The organisation's IT professionals 

  • prepare the data for publication.

Metadata descriptions

This section discusses what metadata is, why and how the organisation should describe the data to be opened, and where this descriptive data can be published. This type of descriptive data is also referred to as metadata.

Avoindata Note icon

INSPIRE Directive

Under the INSPIRE Directive, EU Member States have an obligation to prepare metadata for the spatial data sets and services covered by the Directive and publish them on a search service, which in Finland is the Paikkatietohakemisto.

Avoindata Note icon

Data Governance Act (DGA)

Please note that the Data Governance Act obliges organisations to describe the datasets covered by the Act in the Suojattudata service.

What is metadata?

Datasets usually have two types of metadata:

  • The dataset’s internal metadata, which describe its data fields and their structures, meanings, and links to each other.
    • For example, the data model can specify the date format used in a table or what the table column ‘name’ refers to.
    • For example, the Interoperability Platform’s data models tool can be used to define the data model. 
  • The dataset’s external metadata, which describes the entire set, including its administrator, quality, and how the data was produced. 

Examples of dataset metadata

A dataset’s metadata can include the following:

  • Basic information, such as its name and licence
    • When you publish a dataset in a data portal, there usually are mandatory fields for the necessary basic information
  • A description of the data content and its possible deficiencies
  • A description of data quality using the indicators of the public administration’s common quality criteria
  • The data's production process
    • Any calculation formulas associated with the dataset’s production or similar, if possible.
  • Contact details of the data administrator.
  • The dataset’s update date and update frequency
    • Data distributed through an API (such as weather data) may even be updated in real time, whereas data shared in file format (for example statistical data) may be updated less frequently, for example once a year.

Why is describing the dataset important?

Describing the dataset will help both human and machine users to understand the data and thus facilitate its reuse.
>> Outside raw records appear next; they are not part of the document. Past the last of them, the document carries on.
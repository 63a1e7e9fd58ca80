//! Items in order, with spare room, of which the fewer move as one goes.

ghost use Rattle.std.specs.Prelude.{◌≡◌, ◌≤◌, ◌<◌, ◌+◌, ◌-◌, ◌++◌, ◌∷◌, [], true, false, IsOk, OnOk, drop, length, slice_index_or, take};
ghost use Rattle.std.specs.Fn.{CalledAt};
ghost use Rattle.std.specs.List.{insert, remove};
ghost use Rattle.std.specs.List.Retain.{IsFiltered};
ghost use Rattle.std.specs.Vec.{vec_capacity, vec_len};

use fsa_types::NoMemory;
use std::alloc::Global;
use std::marker::Model;

/// Items in order, with spare room. Taking some out moves the items before the place or those behind it, whichever are
/// fewer: where most go from the front, little moves. Putting one in moves those behind the place, or those before it
/// where they are fewer and a slot before them is free, as it is where some were taken out at the front. Where those
/// behind are to move and no slot behind the items is free, all items are first moved down to the first slot.
#[derive(Drop)]
pub struct ShiftList<T> {
    // The first `start` slots are free: what stands there was moved or taken out.
    slots: Vec<T>,
    start: usize,
}

impl<T> Model for ShiftList<T> {
    ghost use Rattle.object_tables.specs.Series.{Items, items_code};
    ghost use Rattle.std.specs.Prelude.{◌-◌, ◌≤◌, drop};
    ghost use Rattle.std.specs.Vec.{vec_capacity, vec_len};

    ghost Value = { Items T };

    ghost coded = { items_code T.code };

    ghost view = { λ s. record { items = drop s.start s.slots.items; room = vec_capacity s.slots - (vec_len s.slots - s.start) } };

    ghost invariant = { λ s. s.start ≤ vec_len s.slots };
}

impl<T: Copy> ShiftList<T> {
    /// No items. It takes no memory.
    pub fn new(alloc: Global) -> ShiftList<T>
        ensures { result.items ≡ [] }
    {
        ShiftList {
            slots: Vec::new(alloc),
            start: 0,
        }
    }

    /// Takes room for `more` items beside those that are there. `NoMemory` where there is none.
    pub fn reserve(&mut self, more: usize) -> Result<(), NoMemory>
        ensures items { self.new.items ≡ self.old.items }
        ensures room { OnOk result (more ≤ self.new.room) }
        ensures kept { self.old.room ≤ self.new.room }
        ensures succeeds { more ≤ self.old.room → IsOk result }
    {
        let len = self.slots.len();
        let crowded = self.slots.capacity() - len < more;
        let moves_few = len - self.start <= self.start;
        self.start = settle(&mut self.slots, self.start, crowded && moves_few);
        grow(&mut self.slots, self.start, more)
    }

    /// The number of items.
    pub fn len(&self) -> usize
        ensures { result ≡ length self.now.items }
    {
        self.slots.len() - self.start
    }

    /// All items in order.
    pub fn as_slice(&self) -> &[T]
        ensures { result.now ≡ self.now.items }
    {
        &self.slots[self.start..]
    }

    /// The item at a place.
    pub fn at(&self, place: usize) -> T
        requires { place < length self.now.items }
        ensures { result ≡ slice_index_or self.now.items place result }
    {
        self.slots[self.start + place]
    }

    /// Puts an item at a place, before the one that stands there, or at the end. There has to be room for it. It
    /// takes no memory. The items before the place move where they are fewer and a slot before them is free.
    pub fn insert(&mut self, place: usize, item: T)
        requires room { 1 ≤ self.old.room }
        requires place { place ≤ length self.old.items }
        ensures items { self.new.items ≡ insert self.old.items place item }
        ensures left { self.old.room ≤ self.new.room + 1 }
    {
        let behind = self.slots.len() - self.start - place;
        if 0 < self.start && place < behind {
            put_before(&mut self.slots, self.start, place, item);
            self.start -= 1;
        } else {
            self.insert_behind(place, item);
        }
    }

    // Puts an item at a place, and moves those behind it.
    fn insert_behind(&mut self, place: usize, item: T)
        requires room { 1 ≤ self.old.room }
        requires place { place ≤ length self.old.items }
        ensures items { self.new.items ≡ insert self.old.items place item }
        ensures left { self.old.room ≤ self.new.room + 1 }
    {
        let full = self.slots.len() == self.slots.capacity();
        self.start = settle(&mut self.slots, self.start, full);
        put_behind(&mut self.slots, self.start, place, item);
    }

    /// Puts an item at the end. There has to be room for it. It takes no memory.
    pub fn push(&mut self, item: T)
        requires { 1 ≤ self.old.room }
        ensures items { self.new.items ≡ self.old.items ++ item ∷ [] }
        ensures left { self.old.room ≤ self.new.room + 1 }
    {
        let full = self.slots.len() == self.slots.capacity();
        self.start = settle(&mut self.slots, self.start, full);
        self.slots.push_reserved(item);
    }

    /// Takes the item at a place out. It takes no memory, and leaves room for one more than before.
    pub fn remove(&mut self, place: usize) -> T
        requires { place < length self.old.items }
        ensures value { result ≡ slice_index_or self.old.items place result }
        ensures items { self.new.items ≡ remove self.old.items place }
        ensures room { self.old.room + 1 ≤ self.new.room }
    {
        let behind = self.slots.len() - self.start - place;
        if place < behind {
            let item = take_before(&mut self.slots, self.start, place);
            self.start += 1;
            item
        } else {
            take_behind(&mut self.slots, self.start, place)
        }
    }

    /// Takes so many items from a place on out, which have to be there. It takes no memory, and leaves the room as it
    /// was or larger.
    pub fn remove_part(&mut self, place: usize, count: usize)
        requires { place + count ≤ length self.old.items }
        ensures items { self.new.items ≡ take place self.old.items ++ drop (place + count) self.old.items }
        ensures room { self.old.room ≤ self.new.room }
    {
        if count == 0 {
            return;
        }
        let behind = self.slots.len() - self.start - place - count;
        if place < behind {
            take_part_before(&mut self.slots, self.start, place, count);
            self.start += count;
        } else {
            take_part_behind(&mut self.slots, self.start, place, count);
        }
    }

    /// Keeps the items at which `keep` answers `true`. It takes no memory, and leaves the room as it was or larger.
    pub fn retain<F: FnMut(&T) -> bool>(&mut self, keep: F)
        requires { F.IsAlwaysCallable keep }
        ensures items { IsFiltered (CalledAt F.FnMut) keep self.old.items self.new.items }
        ensures room { self.old.room ≤ self.new.room }
    {
        forget_first(&mut self.slots, self.start);
        self.start = 0;
        self.slots.retain(keep);
    }
}

// Where `now` says so, moves the items from `start` on down to the first slot. Gives where they begin then.
fn settle<T: Copy>(slots: &mut Vec<T>, start: usize, now: bool) -> usize
    requires { start ≤ vec_len slots.old }
    ensures items { drop result slots.new.items ≡ drop start slots.old.items }
    ensures within { result ≤ vec_len slots.new }
    ensures len { vec_len slots.new + start ≡ vec_len slots.old + result }
    ensures capacity { vec_capacity slots.new ≡ vec_capacity slots.old }
    ensures moved { now ≡ true → result ≡ 0 }
    ensures stays { now ≡ false → result ≡ start }
{
    if now {
        forget_first(slots, start);
        0
    } else {
        start
    }
}

// Takes room for `more` items behind those from `start` on. Where there is no memory, the free slots before them count
// too.
fn grow<T: Copy>(slots: &mut Vec<T>, start: usize, more: usize) -> Result<(), NoMemory>
    requires { start ≤ vec_len slots.old }
    ensures items { slots.new.items ≡ slots.old.items }
    ensures len { vec_len slots.new ≡ vec_len slots.old }
    ensures capacity { vec_capacity slots.old ≤ vec_capacity slots.new }
    ensures room { OnOk result (more ≤ vec_capacity slots.new - (vec_len slots.new - start)) }
    ensures succeeds { more ≤ vec_capacity slots.old - (vec_len slots.old - start) → IsOk result }
{
    if slots.reserve(more).is_ok() || more <= slots.capacity() - (slots.len() - start) {
        Ok(())
    } else {
        Err(NoMemory)
    }
}

// Takes the first items out, so many.
fn forget_first<T: Copy>(slots: &mut Vec<T>, count: usize)
    requires { count ≤ vec_len slots.old }
    ensures items { slots.new.items ≡ drop count slots.old.items }
    ensures len { vec_len slots.new + count ≡ vec_len slots.old }
    ensures capacity { vec_capacity slots.new ≡ vec_capacity slots.old }
{
    let len = slots.len();
    slots.copy_within(count..len, 0);
    slots.truncate(len - count);
}

// Puts an item at a place from `start` on, and moves those before it down by one slot, so that all begin one before.
fn put_before<T: Copy>(slots: &mut Vec<T>, start: usize, place: usize, item: T)
    requires free { 0 < start }
    requires within { start + place ≤ vec_len slots.old }
    ensures items { drop (start - 1) slots.new.items ≡ insert (drop start slots.old.items) place item }
    ensures len { vec_len slots.new ≡ vec_len slots.old }
    ensures capacity { vec_capacity slots.new ≡ vec_capacity slots.old }
{
    slots.copy_within(start..start + place, start - 1);
    slots[start - 1 + place] = item;
}

// Puts an item at a place from `start` on, and moves those behind it up by one slot.
fn put_behind<T: Copy>(slots: &mut Vec<T>, start: usize, place: usize, item: T)
    requires room { vec_len slots.old < vec_capacity slots.old }
    requires within { start + place ≤ vec_len slots.old }
    ensures items { drop start slots.new.items ≡ insert (drop start slots.old.items) place item }
    ensures len { vec_len slots.new ≡ vec_len slots.old + 1 }
    ensures capacity { vec_capacity slots.old ≤ vec_capacity slots.new }
{
    let len = slots.len();
    slots.push_reserved(item);
    slots.copy_within(start + place..len, start + place + 1);
    slots[start + place] = item;
}

// Takes out the item at a place from `start` on, and moves those before it up by one slot, so that all begin one
// behind.
fn take_before<T: Copy>(slots: &mut Vec<T>, start: usize, place: usize) -> T
    requires { start + place < vec_len slots.old }
    ensures value { result ≡ slice_index_or (drop start slots.old.items) place result }
    ensures items { drop (start + 1) slots.new.items ≡ remove (drop start slots.old.items) place }
    ensures len { vec_len slots.new ≡ vec_len slots.old }
    ensures capacity { vec_capacity slots.new ≡ vec_capacity slots.old }
{
    let item = slots[start + place];
    slots.copy_within(start..start + place, start + 1);
    item
}

// Takes out the item at a place from `start` on, and moves those behind it down by one slot.
fn take_behind<T: Copy>(slots: &mut Vec<T>, start: usize, place: usize) -> T
    requires { start + place < vec_len slots.old }
    ensures value { result ≡ slice_index_or (drop start slots.old.items) place result }
    ensures items { drop start slots.new.items ≡ remove (drop start slots.old.items) place }
    ensures len { vec_len slots.new + 1 ≡ vec_len slots.old }
    ensures capacity { vec_capacity slots.new ≡ vec_capacity slots.old }
{
    let item = slots[start + place];
    take_part_behind(slots, start, place, 1);
    item
}

// Takes out so many items at a place from `start` on, and moves those before them up, so that all begin so many behind.
fn take_part_before<T: Copy>(slots: &mut Vec<T>, start: usize, place: usize, count: usize)
    requires { start + place + count ≤ vec_len slots.old }
    ensures items { drop (start + count) slots.new.items ≡ take place (drop start slots.old.items) ++ drop (place + count) (drop start slots.old.items) }
    ensures len { vec_len slots.new ≡ vec_len slots.old }
    ensures capacity { vec_capacity slots.new ≡ vec_capacity slots.old }
{
    slots.copy_within(start..start + place, start + count);
}

// Takes out so many items at a place from `start` on, and moves those behind them down.
fn take_part_behind<T: Copy>(slots: &mut Vec<T>, start: usize, place: usize, count: usize)
    requires { start + place + count ≤ vec_len slots.old }
    ensures items { drop start slots.new.items ≡ take place (drop start slots.old.items) ++ drop (place + count) (drop start slots.old.items) }
    ensures len { vec_len slots.new + count ≡ vec_len slots.old }
    ensures capacity { vec_capacity slots.new ≡ vec_capacity slots.old }
{
    let len = slots.len();
    slots.copy_within(start + place + count..len, start + place);
    slots.truncate(len - count);
}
The metadata that describes the data contains information on, for example, the data’s origin, structure, and terms of use. Without this information, it would be impossible to use the data. When data is published on the Internet, its original context can easily be lost, which makes it particularly important to provide the user with metadata. 

Example

If a dataset contains the number 37 without any explanatory metadata, it could refer to a variety of factors, such as indoor temperature, shoe size, seating position, or something else entirely. Only metadata will allow you to correctly understand the meaning of that number. In this case, the metadata should describe that the numbers in the dataset refer to indoor temperatures, and that the temperatures are indicated in Celsius. 

How should the data to be opened be described?
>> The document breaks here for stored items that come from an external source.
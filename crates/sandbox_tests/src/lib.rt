//! The tests of the machine beside the definition of calls (`wmach` beside `wplain`). Of the
//! sandbox's other crates the tests stand in tests/rows and tests/suite. Nothing stands on this
//! crate.
//!
//! A table is a constant of a few dozen rows that a function of its own gives out: what loops over
//! it is then not proved in the midst of the table's parts.
#![tactic(auto)]

#[cfg(test)]
mod comparison;
#[cfg(test)]
mod outcome;
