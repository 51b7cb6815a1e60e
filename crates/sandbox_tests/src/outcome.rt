//! What a test asserts last.
use std::process::Abort;

/// No row is otherwise than it is to be, of which this is the first.
pub fn assert_none<R: Abort>(rt: &R, other: Option<usize>) {
    assert_eq!(rt; other, None);
}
While the Information Management Board has not published any recommendations on describing data that is to be opened, the metadata published in e.g. the Open Data service uses the EU countries’ common DCAT-AP 2.0 data model. The data.europa.eu portal assesses the metadata harvested for the service with the help of the FAIR principles.
 

What is the DCAT-AP data model?

DCAT-AP is a mutual agreement between the EU Member States on what metadata should be provided for open data. Its purpose is to facilitate the utilisation of data by harmonising the metadata requirements in different countries. When all countries provide similar information on their datasets in a similar format, developing international applications is easier.

The DCAT-AP data model is based on the DCAT (Data Catalog) vocabulary created by the World Wide Web Consortium (W3C). The purpose of the DCAT vocabulary is to harmonise the metadata used by services intended for sharing different datasets.

DCAT-AP harmonises the metadata required by data portals in different countries by providing a common metadata model that can be used by all portals. The metadata model specifies, for example, that all datasets must have a name and description. In addition, DCAT-AP has recommended and optional fields, such as keywords.

There are separate DCAT-AP versions for spatial data (GeoDCAT-AP) and statistical data (StatDCAT-AP). 

Benefits of using the DCAT-AP data model:

  • Datasets are more interoperable and easier to utilise internationally, as data from different countries is described in the same way.
    • For example, a description of the data content is available for all datasets, and the descriptions should preferably also be offered in English.
  • A predefined minimum volume of descriptive data guarantees that the datasets have been described to a sufficiently high standard
    • For example, it is impossible for data users to utilise data whose descriptive data does not contain a licence, as the user cannot know what the data’s terms of use are. 
  • The greater the amount of metadata available, the more discoverable the data is
    • For example, keywords added to metadata help data users find relevant data in different services.

Learn more about DCAT-AP.

Metadata quality assurance at data.europa.eu

Metadata quality assurance checks the metadata during each harvesting process. The purpose of quality assurance is to help data producers and data portals check the quality of metadata and receive suggestions for improvements.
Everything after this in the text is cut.